- _AIM OF THE TASK_
Pull out all lines from the listing below in which the word "Contains" appears.

----------

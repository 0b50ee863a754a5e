// The questions behind the last load of a trace, as they are asked again at once.
ghost use Rattle.std.specs.Prelude.{◌≡◌, ◌<◌, ◌≤◌, ◌+◌, ℕ, true, length, slice_get, Some, IfOk, IfSome, OnOk};
ghost use Rattle.std.specs.Bool.{OnTrue};
ghost use Rattle.std.specs.List.{Contains};
ghost use Rattle.sw_tree.specs.declared.callable.Kind.TheVariants.{Variable as Variable_kind};
ghost use Rattle.sw_world.specs.declared.question.Question.TheVariants.{Find, Get};
ghost use Rattle.sw_world.specs.declared.answer.Answer.TheVariants.{Owner, Value as Value_answer};
ghost use Rattle.sw_world.specs.Body.{Pair};
ghost use Rattle.sw_world.specs.Named.{IsNamedIn};
ghost use Rattle.sw_record.specs.Tails.{IsTold, IsTail, StandsAt, TellsUpTo, IsReadAt, IsOfRead};

use std::alloc::Global;
use sw_text::{List, Memory, Name};
use sw_tree::Kind;
use sw_values::Value;
use sw_world::{Answer, NamedVariables, Pairs, Question, Table};

/// The questions behind the last load of a trace, from one place up to another: the variables for whose names and
/// values two questions stand, by the modules that have them, and a place of each other question.
#[derive(Drop)]
pub struct Tail {
    pub(crate) from: usize,
    pub(crate) to: usize,
    pub(crate) named: List<NamedVariables>,
    pub(crate) alone: List<usize>,
}

/// A variable that two questions of a trace stand for.
#[derive(Clone, Copy, Drop)]
struct ReadVariable<'s> {
    site: &'s Name,
    space: &'s Name,
    path: &'s Name,
    name: &'s Name,
    value: &'s Value,
}

/// What a tail is gathered in: the variables, the place of each module's by its path, which is a guess, the places of
/// the questions that are alone, and for each distinct pair which of these are its own, a guess too.
#[derive(Drop)]
struct Gathering {
    named: Vec<NamedVariables>,
    places: Table<usize>,
    near: usize,
    alone: List<usize>,
    guesses: Vec<usize>,
}

/// The tail of a trace: it begins behind the last load, and ends where a question may change what is outside.
pub(crate) fn tail_of(alloc: Global, seen: &Pairs) -> Result<Tail, Memory>
    ensures { IfOk result (λ tail. IsTail seen.now tail) }
{
    let from = behind_loads(seen);
    let mut gathering = Gathering {
        named: Vec::new(alloc),
        places: Table::new(alloc),
        near: 0,
        alone: List::new(alloc),
        guesses: no_guesses(alloc, seen.count_distinct())?,
    };
    let to = gathering.add_from(alloc, seen, from)?;
    let Gathering {
        named,
        places: _,
        near: _,
        alone,
        guesses: _,
    } = gathering;
    Ok(Tail {
        from,
        to,
        named: List::from_vec(named),
        alone,
    })
}

/// The place behind the last load.
fn behind_loads(seen: &Pairs) -> usize
    ensures { result ≤ length seen.now }
{
    let mut behind = 0;
    for at in 0..seen.len() {
        if seen.pair(at).0.is_load() {
            behind = at + 1;
        }
    }
    behind
}

/// A guess for each of so many distinct pairs.
fn no_guesses(alloc: Global, count: usize) -> Result<Vec<usize>, Memory> {
    let mut guesses = Vec::with_capacity(alloc, count)?;
    for _ in 0..count {
        guesses.push(0)?;
    }
    Ok(guesses)
}

/// The variable that the questions at a place and behind it stand for.
fn variable_at<'s>(seen: &'s Pairs, at: usize) -> Option<ReadVariable<'s>>
    requires { at < length seen.now }
    ensures { IfSome result (λ read. IsReadAt seen.now at read.site.now read.space.now read.path.now read.name.now
        read.value.now) }
{
    let behind = at.checked_add(1)?;
    match (seen.get(at), seen.get(behind)) {
        (
            Some(
                (
                    Question::Find {
                        site,
                        space: Some(space),
                        kind: Kind::Variable,
                        name,
                    },
                    Answer::Owner { path, name: own },
                ),
            ),
            Some((Question::Get { owner, name: asked }, Answer::Value(value))),
        ) => {
            if name.same(own) && name.same(asked) && path.same(owner) {
                Some(ReadVariable {
                    site,
                    space,
                    path,
                    name: own,
                    value,
                })
            } else {
                None
            }
        }
        _ => None,
    }
}

impl Gathering {
    /// Adds the questions from a place on, and tells up to where.
    fn add_from(&mut self, alloc: Global, seen: &Pairs, from: usize) -> Result<usize, Memory>
        requires { from ≤ length seen.now }
        ensures { IfOk result (λ to. TellsUpTo self.new.named.items self.new.alone seen.now from to) }
    {
        let mut at = from;
        while at < seen.len() {
            let step = self.add_at(alloc, seen, at)?;
            if step == 0 {
                return Ok(at);
            }
            at += step;
        }
        Ok(at)
    }

    /// Adds the question at a place, with the one behind it where both stand for a variable, and tells how many these
    /// are: none where the question may change what is outside.
    fn add_at(&mut self, alloc: Global, seen: &Pairs, at: usize) -> Result<usize, Memory>
        requires { at < length seen.now }
        ensures told { IfOk result (λ step. TellsUpTo self.new.named.items self.new.alone seen.now at (at + step)) }
        ensures keeps { OnOk result ((pair : Pair) → IsTold self.old.named.items self.old.alone seen.now pair
            → IsTold self.new.named.items self.new.alone seen.now pair) }
    {
        if let Some(read) = variable_at(seen, at) {
            if self.add_variable(alloc, &read)? {
                return Ok(2);
            }
        }
        match &seen.pair(at).0 {
            Question::Find { .. } | Question::Get { .. } => {
                self.add_alone(seen, at)?;
                Ok(1)
            }
            _ => Ok(0),
        }
    }

    /// Adds the place of a question, in constant time, where an equal one's isn't there.
    fn add_alone(&mut self, seen: &Pairs, at: usize) -> Result<(), Memory>
        ensures has { OnOk result ((pair : Pair) → slice_get seen.now at ≡ Some pair
            → StandsAt seen.now self.new.alone pair) }
        ensures keeps { OnOk result ((pair : Pair) → StandsAt seen.now self.old.alone pair
            → StandsAt seen.now self.new.alone pair) }
        ensures named { self.new.named ≡ self.old.named }
    {
        let number = seen.number_at(at);
        if self.is_told(seen, at, number) {
            return Ok(());
        }
        self.guess(number);
        self.alone.push(at)
    }

    /// Whether the pair at a place stands at a place that is told, as far as the guess for its number tells.
    fn is_told(&self, seen: &Pairs, at: usize, number: Option<usize>) -> bool
        ensures { OnTrue result ((place : ℕ) × Contains self.now.alone place
            × (slice_get seen.now place ≡ slice_get seen.now at)) }
    {
        match self.guessed(number) {
            None => false,
            Some(place) => seen.stands_again(place, at),
        }
    }

    /// The place that is told where a guess leads.
    fn guessed(&self, number: Option<usize>) -> Option<usize>
        ensures { IfSome result (λ place. Contains self.now.alone place) }
    {
        let guess = *self.guesses.get(number?)?;
        let place = self.alone.get(guess)?;
        Some(*place)
    }

    /// The next place that is told is that of the pair with this number.
    fn guess(&mut self, number: Option<usize>)
        ensures named { self.new.named ≡ self.old.named }
        ensures alone { self.new.alone ≡ self.old.alone }
    {
        if let Some(number) = number {
            if number < self.guesses.len() {
                self.guesses[number] = self.alone.len();
            }
        }
    }

    /// Adds a variable, in constant time; false where that isn't how it can be told.
    fn add_variable(&mut self, alloc: Global, read: &ReadVariable<'_>) -> Result<bool, Memory>
        ensures has { IfOk result (λ has. has ≡ true → (pair : Pair)
            → IsOfRead read.now.site.now read.now.space.now read.now.path.now read.now.name.now read.now.value.now pair
            → IsNamedIn self.new.named.items pair) }
        ensures keeps { OnOk result ((pair : Pair) → IsNamedIn self.old.named.items pair
            → IsNamedIn self.new.named.items pair) }
        ensures alone { self.new.alone ≡ self.old.alone }
    {
        match self.place_of(read) {
            Some(place) => add_at(&mut self.named, place, read),
            None => {
                self.add_module(alloc, read)?;
                Ok(true)
            }
        }
    }

    /// The place of the variables of a module.
    fn place_of(&mut self, read: &ReadVariable<'_>) -> Option<usize>
        ensures within { IfSome result (λ place. place < length self.old.named.items) }
        ensures named { self.new.named ≡ self.old.named }
        ensures alone { self.new.alone ≡ self.old.alone }
    {
        match self.places.find(read.path, self.near) {
            None => None,
            Some((near, place)) => {
                self.near = near;
                if *place < self.named.len() {
                    Some(*place)
                } else {
                    None
                }
            }
        }
    }

    /// Adds a variable as the first one of its module.
    fn add_module(&mut self, alloc: Global, read: &ReadVariable<'_>) -> Result<(), Memory>
        ensures has { OnOk result ((pair : Pair)
            → IsOfRead read.now.site.now read.now.space.now read.now.path.now read.now.name.now read.now.value.now pair
            → IsNamedIn self.new.named.items pair) }
        ensures keeps { OnOk result ((pair : Pair) → IsNamedIn self.old.named.items pair
            → IsNamedIn self.new.named.items pair) }
        ensures alone { self.new.alone ≡ self.old.alone }
    {
        let first = NamedVariables::first(
            alloc, read.site, read.space, read.path, read.name, read.value,
        )?;
        self.places.add(read.path.share()?, self.named.len())?;
        self.named.push(first)?;
        Ok(())
    }
}

/// Adds a variable to those at a place, where these are its module's.
fn add_at(
    named: &mut Vec<NamedVariables>,
    place: usize,
    read: &ReadVariable<'_>,
) -> Result<bool, Memory>
    requires { place < length named.old.items }
    ensures has { IfOk result (λ has. has ≡ true → (pair : Pair)
        → IsOfRead read.now.site.now read.now.space.now read.now.path.now read.now.name.now read.now.value.now pair
        → IsNamedIn named.new.items pair) }
    ensures keeps { OnOk result ((pair : Pair) → IsNamedIn named.old.items pair → IsNamedIn named.new.items pair) }
{
    let one = &mut named[place];
    if !one.are_of(read.site, read.space, read.path) {
        return Ok(false);
    }
    let has = one.add(read.name, read.value)?;
    Ok(has)
}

----------

- _ANSWER AREA_
ghost use Rattle.std.specs.List.{Contains};
        ensures { OnTrue result ((place : ℕ) × Contains self.now.alone place
        ensures { IfSome result (λ place. Contains self.now.alone place) }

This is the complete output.